WHAT IS BEING ASKED:
Check every line of the data below for "IfOk". Copy each one that has it.

ENTRIES SUPPLIED:

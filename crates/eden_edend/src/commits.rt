//! The labels that commits have before a script binds any.

ghost use Rattle.std.specs.Prelude.{◌≡◌, ◌++◌, OnErr, OnOk};
ghost use Rattle.eden_edend.specs.OwnLabels.{BindsSome, own_bindings};

use crate::objects::Objects;
use eden_ids::{Id, NoMemory};
use eden_script::Label;

impl Objects {
    /// Binds each of these ids that is a commit's to its own label, the first 32 of its digits.
    ///
    /// So a line can name commits that no line put. The other ids are passed over. `NoMemory` if an
    /// allocation fails; then some first ones are bound.
    #[tactic(auto, using(crate::proofs::OwnBindings::none_bound, crate::proofs::OwnBindings::one_bound, crate::proofs::OwnBindings::none_more, crate::proofs::OwnBindings::some_bound))]
    pub fn name_commits(&mut self, ids: &[Id]) -> Result<(), NoMemory>
        ensures labels { OnOk result (self.new.labels ≡ own_bindings self.old.store ids.now ++ self.old.labels) }
        ensures err { OnErr result (BindsSome self.old.store ids.now self.old.labels self.new.labels) }
        ensures store { self.new.store ≡ self.old.store }
    {
        let alloc = self.store.allocator();
        for id in ids {
            if self.store.has_commit(*id) {
                let label = Label::of_id(alloc, *id)?;
                self.labels.bind(label, *id)?;
            }
        }
        Ok(())
    }
}
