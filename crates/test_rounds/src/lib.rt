//! Mirrors that follow a mount, in tests: beside the oracle's replies, and by frames over a mount; and the largest reply that a mount makes.
#![tactic(auto)]

#[cfg(test)]
mod basis_tests;
#[cfg(test)]
mod daemon;
#[cfg(test)]
mod exclusion_tests;
#[cfg(test)]
mod largest_tests;
#[cfg(test)]
mod owned_tests;
#[cfg(test)]
mod prefix_tests;
#[cfg(test)]
mod rounds_tests;
#[cfg(test)]
mod strange_tests;
#[cfg(test)]
mod wanted;
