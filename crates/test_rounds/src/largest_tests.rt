//! A file as large as one may be, and one that is larger by a byte.

use crate::daemon::{Pair, Step, opened_mount};
use crate::rounds_tests::PLACED;
use crate::wanted::{Said, position};
use eden_accumulate::Mount;
use eden_history::ChangeFault;
use eden_ids::{GitNaming, Kind, Path};
use eden_messages::Outcome;
use eden_mirror::Mirror;
use eden_objects::{PutFault, Store};
use eden_query::{DecodeFault, decode_reply};
use std::alloc::Global;
use std::process::Abort;
use std::test::Fail;
use test_kit::path;

/// How many bytes a file has at the most.
const LARGEST: usize = 8_388_608;

/// As many bytes, the first and the last of them others than those in between.
fn largest(alloc: Global) -> Result<Vec<u8>, Fail> {
    let mut bytes = vec![in alloc; b'x'; LARGEST - 1]?;
    bytes.push(b'z')?;
    if let Some(first) = bytes.get_mut(0) {
        *first = b'a';
    }
    Ok(bytes)
}

/// The second round of a mirror that is told of one file.
const TOLD: &[Step] = &[
    Step::Begin,
    Step::Goes(Said::Created(2, (7, 2), "p"), Outcome::Taken),
];

/// Whether a mount takes these bytes as a plain file, and is at 7/2 then.
fn takes(mount: &mut Mount<GitNaming>, at: &Path, bytes: &[u8]) -> bool {
    mount.write(at, Kind::Plain, bytes) == Ok(position(7, 2))
}

/// Whether each reply to what is asked places the mirror.
fn places(pair: &mut Pair<Mount<GitNaming>>) -> Result<bool, Fail> {
    for reply in &pair.asked()? {
        if pair.delivered(reply)? != Outcome::Placed {
            return Ok(false);
        }
    }
    Ok(true)
}

/// Whether a mirror at 7/2 has a plain file of these bytes.
fn has_file(mirror: &Mirror, at: &Path, bytes: &[u8]) -> bool {
    let Some(read) = mirror.get(at) else {
        return false;
    };
    let here = mirror.position() == Some(position(7, 2));
    here && read.kind == Kind::Plain && read.bytes.as_slice() == bytes
}

/// Checks that a mirror follows a mount to which these bytes are written.
fn check_followed(
    rt: &impl Abort,
    pair: &mut Pair<Mount<GitNaming>>,
    at: &Path,
    bytes: &[u8],
) -> Result<(), Fail> {
    pair.goes(PLACED)?;
    assert!(rt; takes(&mut pair.daemon, at, bytes));
    pair.goes(TOLD)?;
    assert!(rt; places(pair)?);
    assert!(rt; has_file(&pair.mirror, at, bytes));
    Ok(())
}

#[test]
fn largest_content(rt: HostRuntime) -> Result<(), Fail> {
    let alloc = rt.alloc();
    let at = path(alloc, "p")?;
    let bytes = largest(alloc)?;
    assert_eq!(rt; bytes.len(), LARGEST);
    let mut pair = Pair::new(alloc, opened_mount(alloc)?);
    check_followed(&rt, &mut pair, &at, bytes.as_slice())
}

/// The body of a ContentIs with a plain file of these bytes at `p`, of which this is the count.
fn body_of(alloc: Global, count: u32, bytes: &[u8]) -> Result<Vec<u8>, Fail> {
    let mut body = Vec::new(alloc);
    body.extend_from_slice([2, 0x83].as_slice())?;
    for number in [1_u64, 1, 1, 7, 1] {
        body.extend_from_slice(&number.to_be_bytes())?;
    }
    body.extend_from_slice([0; 20].as_slice())?;
    body.extend_from_slice([0, 1, b'p', 1].as_slice())?;
    body.extend_from_slice(&count.to_be_bytes())?;
    body.extend_from_slice(bytes)?;
    Ok(body)
}

#[test]
fn larger_content(rt: HostRuntime) -> Result<(), Fail> {
    let alloc = rt.alloc();
    let mut bytes = largest(alloc)?;
    bytes.push(b'x')?;
    let body = body_of(alloc, 8_388_609, bytes.as_slice())?;
    let fault = decode_reply(alloc, body.as_slice()).err();
    assert_eq!(rt; fault, Some(DecodeFault::BadField));
    let at = path(alloc, "p")?;
    let mut mount = opened_mount(alloc)?;
    let written = mount.write(&at, Kind::Plain, bytes.as_slice());
    assert_eq!(rt; written, Err(ChangeFault::TooLarge));
    assert_eq!(rt; mount.position(), position(7, 1));
    let mut store = Store::new(alloc, GitNaming);
    assert_eq!(rt; store.put_blob(bytes.as_slice()), Err(PutFault::TooLarge));
    Ok(())
}
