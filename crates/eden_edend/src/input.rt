//! An input of lines that others read on after the line `listen`.

ghost use Rattle.std.specs.Prelude.{◌≡◌, ◌≤◌, ◌<◌, length, IfOk};

use eden_ids::NoMemory;
use std::alloc::Global;
use std::io;
use std::io::Read;
use std::marker::Model;

/// The line after which others read on.
pub(crate) const LISTEN: &[u8] = b"listen";

/// How many bytes are held, and asked of the device at once: 64 KiB.
const BUFFER_SIZE: usize = 65_536;

/// What is there of the line that is being read.
#[derive(Clone, Copy)]
enum LineFront {
    /// The first N bytes of `listen` and a carriage return, and no other.
    Listen(usize),
    /// Anything else.
    Other,
}

impl LineFront {
    /// Returns what is there with one byte more, which ends no line.
    fn grow(self, byte: u8) -> LineFront {
        match self {
            LineFront::Listen(count) if count < LISTEN.len() && LISTEN[count] == byte => {
                LineFront::Listen(count + 1)
            }
            LineFront::Listen(count) if count == LISTEN.len() && byte == b'\r' => {
                LineFront::Listen(count + 1)
            }
            _ => LineFront::Other,
        }
    }

    /// Goes on over these bytes, up to the end of the first line `listen`.
    ///
    /// Returns how many they are.
    fn pass(&mut self, bytes: &[u8]) -> usize
        ensures most { result ≤ length bytes.now }
        ensures some { 0 < length bytes.now → 0 < result }
    {
        for (place, byte) in bytes.iter().enumerate() {
            if *byte != b'\n' {
                *self = self.grow(*byte);
                continue;
            }
            let is_listen = matches!(*self, LineFront::Listen(count) if count >= LISTEN.len());
            *self = LineFront::Listen(0);
            if is_listen {
                return place + 1;
            }
        }
        bytes.len()
    }
}

/// Bytes that were read of a device and not given yet: those of a buffer between two places.
#[derive(Drop)]
struct Buffer {
    bytes: Vec<u8>,
    start: usize,
    end: usize,
}

impl Model for Buffer {
    ghost use Rattle.std.specs.Prelude.{ℕ, ◌≤◌, ◌<◌, List, length, slice_range};

    ghost Value = { List ℕ };

    ghost view = { λ held. slice_range held.bytes.items held.start held.end };

    ghost invariant = { λ held. (held.start ≤ held.end) × (held.end ≤ length held.bytes.items) × (0 < length held.bytes.items) };
}

impl Buffer {
    ghost use Rattle.std.specs.Prelude.{◌≡◌, ◌≤◌, ◌<◌, [], ◌++◌, length, take, OnOk, IfOk};
    ghost use Rattle.std.specs.Io.KnownBytes.{Keeps, IsAtEnd, prepend_known};

    /// Returns a buffer with no bytes.
    fn new(alloc: Global) -> Result<Buffer, NoMemory>
        ensures { IfOk result (λ held. held ≡ []) }
    {
        match vec![in alloc; 0; BUFFER_SIZE] {
            Ok(bytes) => Ok(Buffer {
                bytes,
                start: 0,
                end: 0,
            }),
            Err(_) => Err(NoMemory),
        }
    }

    /// Returns the first bytes, at most N.
    fn front(&self, most: usize) -> &[u8]
        ensures { result.now ≡ take most self.now }
    {
        let held = &self.bytes[self.start..self.end];
        &held[..held.len().min(most)]
    }

    /// Moves the first bytes to the front of `buf`.
    #[tactic(auto, using(crate::proofs::Giving::range_length))]
    fn give(&mut self, count: usize, buf: &mut [u8])
        requires held { count ≤ length self.old }
        requires room { count ≤ length buf.old }
        ensures room { length buf.new ≡ length buf.old }
        ensures given { self.old ≡ take count buf.new ++ self.new }
    {
        buf[..count].copy_from_slice(self.front(count));
        self.start += count;
    }

    /// Reads of the device once if nothing is held.
    fn fill<I: Read>(&mut self, device: &mut I) -> io::Result<()>
        ensures kept { Keeps (prepend_known self.old (I.remaining device.old)) (prepend_known self.new (I.remaining device.new)) }
        ensures ended { OnOk result (length self.new ≡ 0 → IsAtEnd (I.remaining device.new)) }
    {
        if self.start < self.end {
            return Ok(());
        }
        self.start = 0;
        self.end = 0;
        self.end = device.read(&mut self.bytes)?;
        Ok(())
    }
}

/// A script's input that is read in two parts: up to the line `listen`, and after it.
///
/// As a reader it gives what is there, but no byte after a line that is exactly `listen` in the
/// read in which that line ends. So whoever stops at that line has read no byte after it.
#[derive(Drop)]
pub struct LineInput<I: Read + Drop> {
    device: I,
    held: Buffer,
    front: LineFront,
}

impl<I: Read + Drop> Model for LineInput<I> {
    ghost use Rattle.std.specs.Prelude.{ℕ, List, Option};
    ghost use Rattle.std.specs.Io.KnownBytes.{prepend_known};

    // The bytes that are not given yet, where they are known.
    ghost Value = { Option (List ℕ) };

    ghost view = { λ input. prepend_known input.held (I.remaining input.device) };
}

impl<I: Read + Drop> LineInput<I> {
    /// Returns the input of a device, of which it holds up to 64 KiB.
    pub fn new(alloc: Global, device: I) -> Result<LineInput<I>, NoMemory>
        ensures { IfOk result (λ input. input ≡ I.remaining device) }
    {
        let held = Buffer::new(alloc)?;
        Ok(LineInput {
            device,
            held,
            front: LineFront::Listen(0),
        })
    }
}

impl<I: Read + Drop> Read for LineInput<I> {
    ghost remaining = { λ input. input };

    fn read(&mut self, buf: &mut [u8]) -> io::Result<usize> {
        self.held.fill(&mut self.device)?;
        let taken = self.front.pass(self.held.front(buf.len()));
        self.held.give(taken, buf);
        Ok(taken)
    }
}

ANSWER TO THE EXERCISE:
ghost use Rattle.std.specs.Prelude.{◌≡◌, ◌≤◌, ◌<◌, length, IfOk};
    ghost use Rattle.std.specs.Prelude.{◌≡◌, ◌≤◌, ◌<◌, [], ◌++◌, length, take, OnOk, IfOk};
        ensures { IfOk result (λ held. held ≡ []) }
        ensures { IfOk result (λ input. input ≡ I.remaining device) }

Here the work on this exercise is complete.